First question: is $\hat{Y} $ the predicted Y results, $X$ the training X matrix and $Y$ the training Y matrix?

Second question: with this approach, can we compute the PRESS for a multi target regression ? Because it is weird that $e_j = Y_{true} – Y_{pred}$ is a residual vector

Lastly: If someone has a source that helps understanding how to implement the PRESS statistic from what fitting a PLS model in Sklearn gives, I would be interested.

Best Answer

  1. yes, typically $\mathbf X$ are the input variates = your independent variables (here: training data), $\mathbf Y$ the dependent variables = prediction target. $\hat{\mathbf Y}$ are the estimates of $\mathbf Y$, i.e. the output of your prediction.

  2. or multi target (multi analyte) regression, the sensible approach is tpyically to calculate PRESS for each analyte. Combination of these is only sensbile in particular cases where your application suggests a combined measure for the different targets.

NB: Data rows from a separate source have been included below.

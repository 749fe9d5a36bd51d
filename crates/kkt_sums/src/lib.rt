// The susceptance sums of a bus as entries of a column.
#![tactic(auto)]

ghost use Rattle.std.specs.Prelude.{◌≡◌, false, ℕ, ◌+◌, ◌/◌, ◌<◌, ◌≤◌, length, get_or};
ghost use Rattle.std.specs.Float.{nan};
ghost use Rattle.float64.specs.Values.{nought};
ghost use Rattle.sequence.specs.Sinks.{Gains};
ghost use Rattle.kkt.specs.Walks.{taken, sum_item, span_of};

use kkt::kept;
use sequence::marking::put_marked;
use sequence::{Sink, Triplet};

// A sum taken negatively, or as it is.
pub fn taken(less: bool, v: f64) -> f64
    ensures { result ≡ taken less v }
{
    if less { -v } else { v }
}

// Sum i, at row i of a column: none where it is zero.
fn sum_item(acc: &[f64], col: usize, i: usize) -> Option<Triplet>
    requires { (i < length acc.now) × (col ≤ 256) × (i ≤ 256) }
    ensures { result ≡ sum_item false acc.now 0 col i }
{
    kept(i, col, acc[i])
}

// The first n sums, by blocks of 16: a block that is not marked has none other than +0.
// `acc` and `hit` stay single, as where they are written (`make_row` of susceptance).
pub fn put_sums(n: usize, acc: &[f64], hit: &[u32], col: usize, sink: &mut Sink<'_>)
    requires n_bound { (n ≤ 256) × (n ≤ length acc.now) × (16 ≤ length hit.now) × (col ≤ 256) }
    requires by_index { (i : ℕ) → i < n → get_or hit.now (i / 16) 0 ≡ 0 → get_or acc.now i nan ≡ nought }
    requires at_bound { sink.old.count < 0x800_0000 }
    ensures puts { Gains (span_of false acc.now 0 col 0 n) sink.old sink.new }
    ensures most { sink.new.count ≤ sink.old.count + n }
{
    put_marked(n, hit, |i| sum_item(acc, col, i), sink);
}
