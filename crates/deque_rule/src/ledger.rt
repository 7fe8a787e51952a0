//! The rule of a worker's deque, and what each of its steps says.
//!
//! Five kinds of step are the deque's own: push by its owner, pop by its owner, steal, and the pop and the steal that
//! find nothing. A push that is refused changes neither the deque nor what its owner knows. Besides, by one caller, the
//! making of the deque, the splitting of a pass and the joining of passes.

use crate::task::Task;
use crossbeam_deque::protocol::{Join, Outcome, Protocol, Split};
use std::collections::LinkedList;

/// What a pass of a deque knows: its shares of the right to know the whole, and the numbers of the tasks that it
/// pushed and took, each as often as it did. Contracts speak of it; no value of it is made.
pub struct Ledger {
    pub shares: u64,
    pub pushed: LinkedList<usize>,
    pub taken: LinkedList<usize>,
}

// What was pushed to a deque is what was taken from it and what it holds.
pub struct Balance;

impl<T: Task> Protocol<Box<T>, Ledger> for Balance {
    ghost use Rattle.std.specs.Prelude.{[], map};
    ghost use Rattle.deque_rule.specs.Ledgers.{Balanced, all_shares, ledger};

    ghost holds = { λ items views. Balanced (map (λ b. T.number_of b.value) items) views };

    ghost first = { ledger all_shares [] [] };

    ghost guest = { ledger 0 [] [] };
}

// A share is cut off, or comes back with what was pushed and taken by it.
pub struct OneShare;

impl Split<Ledger> for OneShare {
    ghost use Rattle.std.specs.Prelude.{[], ◌-◌};
    ghost use Rattle.deque_rule.specs.Ledgers.{ledger};

    ghost left = { λ v. ledger (v.shares - 1) v.pushed v.taken };

    ghost right = { λ v. ledger 1 [] [] };
}

impl Join<Ledger> for OneShare {
    ghost use Rattle.std.specs.Prelude.{[], ◌+◌, ◌++◌};
    ghost use Rattle.deque_rule.specs.Ledgers.{ledger};

    ghost both = { λ v w. ledger (v.shares + w.shares) (v.pushed ++ w.pushed) (v.taken ++ w.taken) };

    ghost spent = { ledger 0 [] [] };
}

// A task goes to the deque.
pub struct PushStep;

impl<T: Task> Outcome<Box<T>, Ledger> for PushStep {
    ghost use Rattle.std.specs.Prelude.{◌≡◌, ◌++◌, map};
    ghost use Rattle.deque_rule.specs.Ledgers.{ledger};

    ghost then = { λ v xs w. w ≡ ledger v.shares (v.pushed ++ map (λ b. T.number_of b.value) xs) v.taken };
}

// A task comes from the deque by its owner; or the deque was empty.
pub struct PopStep;

impl<T: Task> Outcome<Box<T>, Ledger> for PopStep {
    ghost use Rattle.std.specs.Prelude.{◌≡◌, ◌++◌, map};
    ghost use Rattle.deque_rule.specs.Ledgers.{KnowsEmpty, ledger};

    ghost then = { λ v xs w. w ≡ ledger v.shares v.pushed (v.taken ++ map (λ b. T.number_of b.value) xs) };

    ghost empty = { KnowsEmpty };
}

// A task comes from the deque by another worker.
pub struct StealStep;

impl<T: Task> Outcome<Box<T>, Ledger> for StealStep {
    ghost use Rattle.std.specs.Prelude.{◌≡◌, ◌++◌, map};
    ghost use Rattle.deque_rule.specs.Ledgers.{ledger};

    ghost then = { λ v stolen w. w ≡ ledger v.shares v.pushed (v.taken ++ map (λ b. T.number_of b.value) stolen) };
}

  3. If you spell out PRESS = PRediction Error Sum of Squares or PRediction Error Squared Sums that pretty much tells you how to calculate:

    1. calculate absolute prediction error $\hat{\mathbf Y} - \mathbf Y$
    2. square this error matrix element-wise
    3. sum over all test cases (separately for each target/analyte)

Important: You can use the short-cut of calculation via Hat-Matrix only if each row in your training data matrix represents a truly independent case. I.e. no repeated measurements, no dilution of calibration samples from the same stock solution, etc.

The Hat-Matrix expression you use is for MLR, i.e. a non-regularized multiple least squares, for PLS:, please see

  • A. C. Olivieri et al.: Uncertainty Estimation and Figures of Merit for Multivariate Calibration, Pure Appl. Chem., 2006, 78, 3, 633 - 661.
  • A. C. Olivieri: Analytical Figures of Merit: From Univariate to Multiway Calibration, Chemical Reviews, 2014, 114, 5358 - 5378.

Update wrt. 2nd question in comment

According to your comment, I think the situation is a bit more complicated.

  • On the one hand, to compare your model with the one fitted in JMP, you'll want to reproduce as close as possible the figure of merit calculated by JMP.
    If that is leave-one [row]-out, that's what you want to do for the comparison, and for that calculation you can take the hat-matrix shortcut for OLS aka CLS (ordinary or classical least squares) models.
    Expressions for hat matrices exist for other bilinear models such as Partial Least Squares or Principal Component regression, but they are not the same as the hat matrix for OLS (and you'd need to look closely into assumptions they make, e.g. no preprocessing that covers multiple cases - such as centering).

  • OTOH, I've very rarely met real-world data where such an expression could have been used for estimating generalization error.

    • For real-world, data the rows often are not independent (so-called clustered data). If they are not, leave-one-row-out is not a good approximation for generalization error, and leave-cluster-out should be used instead:
    • In my field, data is typically preprocessed before PLS and that may break said independence between the left-out row and the surrogate training data unless the preprocessig is recalculated as well. PLS models typically include such a preprocessing step: the centering of $\mathbf X$ and $\mathbf Y$.

    For estimating generalization error, achieving independence in the split (and not having any kind of training information leaking into the test data) is of utmost importance. This guards against/properly detects overfitting, and there is often no way around re-calculating. (Though it doesn't need to be LOO, in fact other resampling schemes are often better, and that possibly even at lower computational effort).
    Overfitting would not be so much of a concern if you anyways had far more independent cases in your data than variates. But then, also PLS regularization would not be needed.